■ **Records to use**
☆ ☆ ☆
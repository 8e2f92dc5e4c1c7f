//! `devwhy` says why a driver takes a spot in the boot of a machine, and why others do not. See config(1) and autoconf(9).
#![tactic(auto)]

use app_why::devwhy_top;
use app_words::{Status, words_behind_name};
use cf_io::{Buffered, HostFiles, HostSink, Sink};
use cf_types::Memory;
use std::mem::forget;
use std::process::ExitCode;

/// Runs the program on the words that it is called with, over the system's files and its output.
fn run<E: Sink>(rt: &HostRuntime, err: &mut E) -> Result<Status, Memory> {
    let words = words_behind_name(rt, rt.alloc())?;
    let mut files = HostFiles::make(*rt);
    let mut out = Buffered::make(rt.alloc(), HostSink::make(rt.stdout()))?;
    let ended = devwhy_top(rt.alloc(), &words, &mut files, &mut out, err);
    // What was read and found is not freed, because the process ends here.
    forget(ended.found);
    Ok(ended.status)
}

fn main(rt: HostRuntime) -> ExitCode {
    let mut err = HostSink::make(rt.stderr());
    let status = run(&rt, &mut err).unwrap_or_else(|_| {
        let _ = err.put(b"out of memory\n");
        Status::Memory
    });
    ExitCode::from(status.number())
}
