// Digits as they are typed, and the numbers that they make.
#![tactic(auto)]

ghost use Rattle.std.specs.Prelude.{◌≡◌, ◌≤◌, true, false, IfSome, IfNone, drop};
ghost use Rattle.digits.specs.Digits.{digit_of, hex_mark};
ghost use Rattle.digits.specs.Numbers.{value_of, decimal_of, number_of};

// The value of a hexadecimal digit. Any other byte has none.
#[tactic(auto, using(std::proofs::lemmas::Bool::Decides::nat_tests), unfolding(crate::specs::Digits::hex_value))]
pub fn hex_value(b: u8) -> Option<u8>
    ensures { result ≡ digit_of b }
{
    match b {
        b'0'..=b'9' => Some(b - b'0'),
        b'a'..=b'f' => Some(b - b'a' + 10),
        b'A'..=b'F' => Some(b - b'A' + 10),
        _ => None,
    }
}

// What follows 0x, where text starts with it.
#[tactic(auto, using(crate::proofs::Digits::mark))]
pub fn after_mark(text: &[u8]) -> Option<&[u8]>
    ensures none { IfNone result (hex_mark text.now ≡ false) }
    ensures rest { IfSome result (λ rest. (hex_mark text.now ≡ true) × (rest.now ≡ drop 2 text.now)) }
{
    text.strip_prefix(b"0x")
}

// The number that the digits of one base make. There is none without a digit, and none above the limit.
#[tactic(auto, using(crate::proofs::Numbers::steps))]
fn number_in(text: &[u8], base: u64, most: u64) -> Option<u64>
    requires { (2 ≤ base) × (base ≤ 16) }
    ensures result_value { result ≡ value_of base most text.now }
    ensures result_bound { IfSome result (λ n. n ≤ most) }
{
    if text.is_empty() {
        return None;
    }
    let mut n = 0u64;
    for &b in text {
        let digit = u64::from(hex_value(b)?);
        if digit >= base {
            return None;
        }
        n = base.checked_mul(n)?.checked_add(digit)?;
        if n > most {
            return None;
        }
    }
    Some(n)
}

// A number in decimal digits, at most the limit.
pub fn decimal(text: &[u8], most: u64) -> Option<u64>
    ensures result_value { result ≡ decimal_of most text.now }
    ensures result_bound { IfSome result (λ n. n ≤ most) }
{
    number_in(text, 10, most)
}

// A number in decimal digits, or in hexadecimal ones after 0x, at most the limit.
#[tactic(auto, unfolding(crate::specs::Numbers::number_of))]
pub fn number(text: &[u8], most: u64) -> Option<u64>
    ensures result_value { result ≡ number_of most text.now }
    ensures result_bound { IfSome result (λ n. n ≤ most) }
{
    match after_mark(text) {
        Some(digits) => number_in(digits, 16, most),
        None => decimal(text, most),
    }
}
☆ ☆ ☆
■ **What to produce**
Only the number should be given: how many lines of the data contain the word "ensures"?

■ **Answer space**
9